Chattanooga Times Free Press

William Gauntt

- BY ROSANA HUGHES STAFF WRITER Contact staff writer Rosana Hughes at rhughes@timesfreep­ress.com

Bill Gauntt’s plane was shot down as he was flying over North Vietnam in 1972. He recently returned to that site and found a man who had saved parts of his plane.

Now-retired U.S. Air Force Lt. Col. Bill Gauntt was flying over North Vietnam Aug. 13, 1972, when his plane was shot down and he was captured as a prisoner of war.

He’d been in Vietnam for 10 months and was about six weeks from going home when he was shot down.

That August day, Gauntt and his crew had flown out from Northern Thailand on a mission to check for any enemy action. They were looking for troop placements, truck parks, missile sites, anything that showed the enemy was in the area.

“Anytime they moved, we wanted to know where it was going, where they were going,” he said.

But that day, one of those missiles hit his plane and they started going down at about 7:30 a.m.

“I was in the parachute less than 10 seconds from deploying until coming down and hitting the ground,” Gauntt said.

Unbeknowns­t to him, a boy and his family watched the plane go down. Gauntt wouldn’t meet the boy until many years later.

After landing, Gauntt gathered his parachute, buried

it in a hole in the ground and ran away from the crash site to hide. He found some tea leaf bushes that were about 6 or 7 feet tall and dug a hole for himself under them and covered himself with leaves.

Gauntt had made contact with rescue forces, who pinpointed where he was and were on their way. But Vietnamese fighters also were looking for him, and they’d passed him at least three times before coming back with a dog.

“The dog went right

straight to me. The guards had AK-47s, and they shot some of those at me. Called it an attention-getting step,” he said. “So at that point I gave up.”

Gauntt broke the antenna off the radio so enemies couldn’t use it before they started moving. They’d walk for 40 days to Hanoi, Vietnam.

“In that infamous camp they call Hanoi Hilton,” he said with a chuckle. “That was our facetious name for it.”

Different rooms were

nicknamed after big hotels in the U.S., Gauntt said.

“There was the Little Vegas room,” he said. “… It was sort of a code word to everybody ‘cause [the Vietnamese] had no idea what we were talking about when we would mention those, but of course, all of our people knew.”

Prisoners developed a special sign language, too. And they’d share whatever news they could with each other.

Gauntt spent nine months in captivity, and in January of this year he returned to the very site where his plane crashed.

Gauntt was on a group trip organized by the University of Tennessee at Chattanoog­a, and he had the reports detailing the excavation of his site where they found the remains of his comrade, Lt. Francis Townsend. So he had a pretty good idea of where it was.

Using a map, the group traced the route back to a house where a group of men led them to the exact site of the crash.

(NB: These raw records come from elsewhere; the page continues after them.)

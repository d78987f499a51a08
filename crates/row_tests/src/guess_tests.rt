//! Proposals for rows, before any variable is eliminated.

use crate::kinds::{Kind, check_texts};
use crate::test_rows::rows_of;
use linear_guess::{Finding, Search};
use std::alloc::{AllocError, Global};
use std::fmt::Write;

fn write_found(finding: &Finding, text: &mut String) -> Result<(), AllocError> {
    match finding {
        Finding::Refuted(multipliers) => {
            let count = multipliers.len();
            write!(text, "refuted by {count}")
        }
        Finding::Met => text.push_str("met"),
        Finding::Open => text.push_str("open"),
    }
}

/// Writes the number of multipliers that are found, or whether a point is.
pub fn write_finding(alloc: Global, rows: &str, text: &mut String) -> Result<(), AllocError> {
    let rows = rows_of(alloc, rows)?;
    let mut search = Search::new(alloc);
    write_found(&search.find(alloc, &rows, rows.len(), 3)?, text)
}

const FINDINGS: &str = "\
# bounds that cross, strict rows that touch, and a cycle of three variables
1x0 -1 <=0 -1x0 2 <=0 gives refuted by 2
1x0 0 <0 -1x0 0 <=0 gives refuted by 2
1x0 -1x1 0 <=0 1x1 -1x2 0 <0 -1x0 1x2 0 <=0 gives refuted by 3
# a strict bound, and three variables in order
-1x0 0 <0 3x0 -1 <0 gives met
2x0 -1x1 1 <=0 1x1 -3x2 0 <0 -1x0 0 <=0 gives met";

#[test]
fn findings(rt: HostRuntime) -> Result<(), AllocError> {
    check_texts(&rt, Kind::Finding, &[FINDINGS])
}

They rode on motorcycle­s over a hill and came upon the site. It’s a pond now, covering about an acre.

The boy, 9 years old when he saw Gauntt land, still lived nearby with a wife and two children of his own. He remembered the day Gauntt’s plane crashed.

“He said, ‘Yes, we found your seat right up there,’” Gauntt said. “‘You were captured and taken away, and we didn’t know what happened.’

The man told Gauntt, “I’m here to take care of the [airplane] parts. I’m here to take care of the spirit of [Townsend].”

He then brought out three pieces of the plane — a part of the plexiglass canopy, a part of the air frame and part of a titanium blade out of the engine — and gave them to Gauntt. The man had been saving the parts in hopes of one day giving them to Gauntt’s or Townsend’s family members.

Gauntt said he’s found some of Townsend’s family, and he plans to visit them at some point.

“That’s kind of the fascinatin­g part of the return and closure of my time in the war time there,” he said.